**Dataset excerpts**:
//! What the successor lists say of all nodes.
ghost use Rattle.std.specs.Prelude.{◌≡◌, ℕ, ◌<◌, ◌^◌, IfOk, find, length, map};
ghost use Rattle.std.specs.List.{All};
ghost use Rattle.chord_scenario.specs.Order.{AreInOrder};
ghost use Rattle.chord_audit.specs.Tables.{is_marked, is_passed_rank};

use crate::arcs::Arcs;
use crate::passes::add_passed;
use crate::successors::add_best;
use chord_event::Memory;
use chord_node::NodeState;
use chord_scenario::Order;
use des_machine::States;
use std::alloc::Global;

/// How many lists are read in a row. Each lies elsewhere in memory. The processor fetches several
/// of them at once if no other work stands between their reads.
const BLOCK: usize = 128;

/// The best successor of each node, and which ranks lie between two neighbours of a member's list.
#[derive(Drop)]
pub(crate) struct ListFacts {
    pub best: Vec<Option<u32>>,
    pub passed: Vec<bool>,
}

/// What the lists of all nodes say. `passed` takes each member for the first entry of its own list.
pub(crate) fn read_lists<V: States<NodeState>>(
    alloc: Global,
    order: &Order<'_>,
    members: &[bool],
    states: &V,
) -> Result<ListFacts, Memory>
    requires few { length order.now.ranks.now < 2 ^ 32 }
    requires ranks { All (λ rank. rank < length order.now.ranks.now) order.now.ranks.now }
    requires nodes { AreInOrder order.now.ranks.now order.now.nodes.now }
    requires members { length members.now ≡ length order.now.ranks.now }
    requires states { length (V.list states.now) ≡ length order.now.ranks.now }
    requires succ { All (λ state. All (λ n. n < length order.now.ranks.now) state.succ) (V.list states.now) }
    ensures best { IfOk result (λ facts. facts.best.items ≡ map (λ state. find (is_marked members.now) state.succ) (V.list states.now)) }
    ensures each { IfOk result (λ facts. length facts.passed.items ≡ length order.now.ranks.now) }
    ensures passed { IfOk result (λ facts. (k : ℕ) → k < length order.now.ranks.now → is_marked facts.passed.items k ≡ is_passed_rank order.now.ranks.now members.now (V.list states.now) k) }
{
    let nodes = order.ranks.len();
    let mut best = Vec::new(alloc);
    let mut arcs = Arcs::new(alloc, nodes)?;
    while best.len() < nodes {
        let first = best.len();
        let end = nodes.min(first + BLOCK);
        add_best(&mut best, members, states, end)?;
        add_passed(&mut arcs, order, members, states, first..end);
    }
    let passed = arcs.covered(alloc)?;
    Ok(ListFacts { best, passed })
}
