//! The result of an audit.

/// The facts of the ring at one time, in microseconds.
#[derive(Clone, Copy, Drop)]
pub struct AuditLine {
    pub time: u64,
    /// How many nodes are members.
    pub members: u32,
    /// How many members have no member in their successor list. A node that lists itself does not
    /// count.
    pub dead: u32,
    /// How many members come back to themselves by best successors.
    pub ring: u32,
    /// Whether no ring member is skipped by another one.
    pub ordered: bool,
    /// How many members no successor list of a member skips, their own lists included.
    pub principals: u32,
    /// Whether there are more principals than a successor list has room for, and no dead member.
    pub sufficient: bool,
}
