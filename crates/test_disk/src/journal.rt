mod checked;
mod commits;
pub mod files;
mod groups;
mod opening;
mod pages;
pub mod runs;
mod stops;
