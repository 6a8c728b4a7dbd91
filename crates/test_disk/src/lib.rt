//! Tests of the devices in memory, of the journal and the records over them, and of what the bytes of a slot say. A crate with
//! tests is proved twice, so those of four crates stand here, and call them as a crate above does.
#![tactic(auto)]

#[cfg(test)]
mod cached;
#[cfg(test)]
mod codec;
#[cfg(test)]
mod devices;
#[cfg(test)]
mod journal;
#[cfg(test)]
mod passing;
#[cfg(test)]
mod reading;
#[cfg(test)]
mod records;
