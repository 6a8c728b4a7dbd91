// The devices in memory, called through the bounds that the crates above use.
mod ahead;
mod mem_disk;

ghost use Rattle.std.specs.Prelude.{◌<◌, ◌≤◌, length};

use crate::passing::{pass, pass_if};
use ss_journal::JournalError;
use ss_outside::{Failed, MemSink, MemSource, Sink, Source, SteadySink, SteadySource};
use std::alloc::{AllocError, Global};
use std::test::Fail;

const BYTES: [u8; 10] = [1, 2, 3, 4, 5, 6, 7, 8, 9, 10];

fn source_of(alloc: Global, bytes: &[u8], piece: usize) -> Result<MemSource, AllocError>
    requires { 0 < piece }
{
    Ok(MemSource::new(alloc, bytes.to_vec(alloc)?, piece))
}

// The last of bytes that count on from this one, or 255 if they don't.
fn counted(from: u8, bytes: &[u8]) -> u8 {
    let mut last = from;
    for byte in bytes {
        if *byte != last.saturating_add(1) {
            return 255;
        }
        last = *byte;
    }
    last
}

// Whether 15 reads into a buffer of 4 bytes give the bytes from 1 to this one in order, and then none at least five times.
fn gives<S: Source>(source: &mut S, last: usize) -> Result<bool, JournalError> {
    let mut buffer = [0; 4];
    let mut given = 0u8;
    for _ in 0..15 {
        let count = source.read(&mut buffer)?;
        given = counted(given, &buffer[..count]);
    }
    Ok(usize::from(given) == last)
}

fn gives_in_pieces(alloc: Global, length: usize, piece: usize) -> Result<bool, JournalError>
    requires piece { 0 < piece }
    requires length { length ≤ 10 }
{
    let mut source = source_of(alloc, &BYTES[..length], piece)?;
    gives(&mut source, length)
}

fn gives_steadily(alloc: Global, length: usize, piece: usize) -> Result<bool, JournalError>
    requires piece { 0 < piece }
    requires length { length ≤ 10 }
{
    let mut source = SteadySource::new(BYTES[..length].to_vec(alloc)?, piece);
    gives(&mut source, length)
}

// The first length and piece, of three pieces for each of ten lengths, with which not all is given in order.
fn first_wrong(alloc: Global) -> Result<Option<usize>, JournalError> {
    for n in 0..30usize {
        let piece = match n % 3 {
            0 => 1,
            1 => 3,
            _ => 4096,
        };
        let length = 1 + n / 3;
        if !gives_in_pieces(alloc, length, piece)? || !gives_steadily(alloc, length, piece)? {
            return Ok(Some(n));
        }
    }
    Ok(None)
}

#[test]
fn a_source_gives_its_bytes_in_order_and_then_none(rt: HostRuntime) -> Result<(), Fail> {
    pass(first_wrong(rt.alloc()))
}

const READS: [(Result<usize, Failed>, [u8; 4]); 7] = [
    (Ok(3), [1, 2, 3, 0]),
    (Err(Failed), [1, 2, 3, 0]),
    (Ok(3), [4, 5, 6, 0]),
    (Ok(3), [7, 8, 9, 0]),
    (Err(Failed), [7, 8, 9, 0]),
    (Ok(1), [10, 8, 9, 0]),
    (Ok(0), [10, 8, 9, 0]),
];

// Whether reads into one buffer answer as the rows say.
fn answers<S: Source>(source: &mut S) -> bool {
    let mut buffer = [0; 4];
    for (answer, bytes) in &READS {
        if source.read(&mut buffer) != *answer || buffer != *bytes {
            return false;
        }
    }
    true
}

fn goes_on(alloc: Global) -> Result<bool, JournalError> {
    let failing = [1, 4].to_vec(alloc)?;
    let mut source = source_of(alloc, &BYTES, 3)?;
    source.fail_at(failing);
    Ok(answers(&mut source))
}

#[test]
fn a_listed_read_fails_and_the_next_goes_on(rt: HostRuntime) -> Result<(), Fail> {
    pass_if(goes_on(rt.alloc()))
}

fn put<K: Sink>(sink: &mut K, piece: &[u8]) -> Result<usize, Failed>
    requires { 0 < length piece.now }
{
    sink.put(piece)
}

// Whether the second of three puts fails.
fn second_fails<K: Sink>(sink: &mut K) -> bool {
    put(sink, &[1, 2, 3]) == Ok(3)
        && put(sink, &[4, 5, 6]) == Err(Failed)
        && put(sink, &[7, 8, 9]) == Ok(3)
}

// Whether the other two are held then.
fn holds_two(sink: &mut MemSink) -> bool {
    let failed = second_fails(sink);
    failed && sink.short() == 0 && sink.held() == [1, 2, 3, 7, 8, 9].as_slice()
}

fn holds_others(alloc: Global) -> Result<bool, JournalError> {
    let failing = [1].to_vec(alloc)?;
    let mut sink = MemSink::new(alloc);
    sink.fail_at(failing);
    Ok(holds_two(&mut sink))
}

#[test]
fn a_listed_put_fails_and_the_next_goes_on(rt: HostRuntime) -> Result<(), Fail> {
    pass_if(holds_others(rt.alloc()))
}

// How many bytes a sink holds after puts of 2 and 64 with these answers, and how many of them found no memory.
fn left_by(first: Result<usize, Failed>, second: Result<usize, Failed>) -> (usize, u64) {
    match (first, second) {
        (Ok(_), Ok(_)) => (66, 0),
        (Ok(_), Err(Failed)) => (2, 1),
        (Err(Failed), Ok(_)) => (64, 1),
        (Err(Failed), Err(Failed)) => (0, 2),
    }
}

fn left_in<K: Sink>(sink: &mut K) -> (usize, u64) {
    let first = put(sink, &[1, 2]);
    let second = put(sink, &[7; 64]);
    left_by(first, second)
}

fn holds_what_it_took(sink: &mut MemSink) -> bool {
    let left = left_in(sink);
    (sink.held().len(), sink.short()) == left
}

fn holds_steadily(sink: &mut SteadySink) -> bool {
    let left = left_in(sink);
    (sink.held().len(), sink.short()) == left
}

fn holds_both(alloc: Global) -> bool {
    let mut sink = MemSink::new(alloc);
    let mut steady = SteadySink::new(alloc);
    holds_what_it_took(&mut sink) && holds_steadily(&mut steady)
}

// Passes with and without memory: run it with each allocation failing in turn.
#[test]
fn a_put_without_memory_leaves_what_was_held(rt: HostRuntime) -> Result<(), Fail> {
    pass_if(Ok(holds_both(rt.alloc())))
}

**PROMPT**: Gather each line of the records holding the string "items".

**EXPECTED ANSWER**:
    ensures best { IfOk result (λ facts. facts.best.items ≡ map (λ state. find (is_marked members.now) state.succ) (V.list states.now)) }
    ensures each { IfOk result (λ facts. length facts.passed.items ≡ length order.now.ranks.now) }
    ensures passed { IfOk result (λ facts. (k : ℕ) → k < length order.now.ranks.now → is_marked facts.passed.items k ≡ is_passed_rank order.now.ranks.now members.now (V.list states.now) k) }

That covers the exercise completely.